• Aim of the task: Beneath this instruction is a listing; write out exactly the line that contains "-> Result<Vec<Option<usize>>, AllocError>" and each line after it to the last.

BEGIN

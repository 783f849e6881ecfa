//! Tables of places: where in a list each number first stands.
#![tactic(auto)]

ghost use Rattle.std.specs.Prelude.{◌≡◌, IfOk};
ghost use Rattle.place_tables.specs.Places.{first_places};

use std::alloc::{AllocError, Global};

/// For each number below `count`, the place from 0 at which it first stands in the list, or None where it does not stand
/// there. Other numbers of the list have no entry.
///
/// The table takes memory for `count` entries, and one pass over the list makes it.
pub fn first_places(
    alloc: Global,
    count: u32,
    numbers: &[u32],
) -> Result<Vec<Option<usize>>, AllocError>
    ensures { IfOk result (λ places. places.items ≡ first_places count numbers.now) }
{
    let mut places = vec![in alloc; None; count as usize]?;
    for (place, number) in numbers.iter().enumerate() {
        if *number >= count || places[*number as usize].is_some() {
            continue;
        }
        places[*number as usize] = Some(place);
    }
    Ok(places)
}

END

• Result:
) -> Result<Vec<Option<usize>>, AllocError>
    ensures { IfOk result (λ places. places.items ≡ first_places count numbers.now) }
{
    let mut places = vec![in alloc; None; count as usize]?;
    for (place, number) in numbers.iter().enumerate() {
        if *number >= count || places[*number as usize].is_some() {
            continue;
        }
        places[*number as usize] = Some(place);
    }
    Ok(places)
}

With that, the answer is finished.